(Source data)
/---
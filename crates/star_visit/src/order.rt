//! The order of values, which pays a step for each pair that it visits.

ghost use Rattle.std.specs.Prelude.{◌≡◌, List, ◌≤◌};
ghost use Rattle.star_store.specs.Store.{look};
ghost use Rattle.star_store.specs.Spend.{Spends};
ghost use Rattle.star_store.specs.Order.{bool_order, order, ordered_items};

use crate::equal::same_place;
use star_store::arena::{Arena, Homes};
use star_store::budget::Budget;
use star_store::fault::StoreFault;
use star_store::values::{Cell, Value, Values};
use std::cmp::Ordering;

/// Compares two ints, bools, strings, lists or tuples. It visits the pair; then, in lists and tuples, the pairs of
/// items by equality, and the first unequal pair by order. A visit opens a level (else `Deep`) and then pays a step
/// (else `Steps`). `BadType` for two types, and for types without an order.
pub fn order(
    arena: &Arena,
    homes: &Homes,
    budget: &mut Budget,
    x: Value,
    y: Value,
) -> Result<Ordering, StoreFault>
    ensures answer { Spends (order (look arena.now homes.now) budget.old.levels x y budget.old.steps)
        result budget.new.steps }
    ensures less { budget.new.steps ≤ budget.old.steps }
    ensures levels { budget.new.levels ≡ budget.old.levels }
{
    ordered(arena, homes, budget.levels, &mut budget.steps, x, y)
}

#[cycle(order)]
#[tactic(auto, using(crate::proofs::Orders::order_at, crate::proofs::Orders::order_at_none))]
fn ordered<'a>(
    arena: &'a Arena,
    homes: &'a Homes<'a>,
    levels: u32,
    steps: &mut u64,
    x: Value,
    y: Value,
) -> Result<Ordering, StoreFault>
    ensures answer { Spends (order (look arena.now homes.now) levels x y steps.old) result steps.new }
    ensures less { steps.new ≤ steps.old }
{
    if levels == 0 {
        return Err(StoreFault::Deep);
    }
    if *steps < 1 {
        return Err(StoreFault::Steps);
    }
    *steps -= 1;
    match (x, y) {
        (Value::Bool(b), Value::Bool(c)) => Ok(bool_order(b, c)),
        (Value::Int(m), Value::Int(n)) => Ok(m.cmp(&n)),
        (Value::Ref { .. }, Value::Ref { .. }) => {
            match (arena.read(homes, x), arena.read(homes, y)) {
                (Some(Cell::Text(t)), Some(Cell::Text(u))) => Ok(
                    t.as_str().as_bytes().cmp(u.as_str().as_bytes()),
                ),
                (Some(Cell::Tuple(xs)), Some(Cell::Tuple(ys))) => {
                    order_items(arena, homes, levels - 1, steps, xs, ys)
                }
                (Some(Cell::List(xs)), Some(Cell::List(ys))) => {
                    order_items(arena, homes, levels - 1, steps, xs, ys)
                }
                _ => Err(StoreFault::BadType),
            }
        }
        _ => Err(StoreFault::BadType),
    }
}

/// False comes before True.
fn bool_order(b: bool, c: bool) -> Ordering
    ensures { result ≡ bool_order b c }
{
    match (b, c) {
        (false, true) => Ordering::Less,
        (true, false) => Ordering::Greater,
        _ => Ordering::Equal,
    }
}

#[cycle(order)]
#[tactic(auto, using(crate::proofs::Orders::order_places_next))]
fn order_items<'a>(
    arena: &'a Arena,
    homes: &'a Homes<'a>,
    levels: u32,
    steps: &mut u64,
    xs: &'a Values,
    ys: &'a Values,
) -> Result<Ordering, StoreFault>
    ensures answer { Spends (ordered_items (look arena.now homes.now) levels xs.now ys.now steps.old) result steps.new }
    ensures less { steps.new ≤ steps.old }
{
    let count = xs.len().min(ys.len());
    for i in 0..count {
        if !same_place(arena, homes, levels, steps, xs, ys, i)? {
            return match (xs.get(i), ys.get(i)) {
                (Some(x), Some(y)) => ordered(arena, homes, levels, steps, x, y),
                _ => Ok(Ordering::Equal),
            };
        }
    }
    Ok(xs.len().cmp(&ys.len()))
}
\---
Work order:
Find the string "auto" in the records, then copy each line where it occurs.

Result of this exercise:
#[tactic(auto, using(crate::proofs::Orders::order_at, crate::proofs::Orders::order_at_none))]
#[tactic(auto, using(crate::proofs::Orders::order_places_next))]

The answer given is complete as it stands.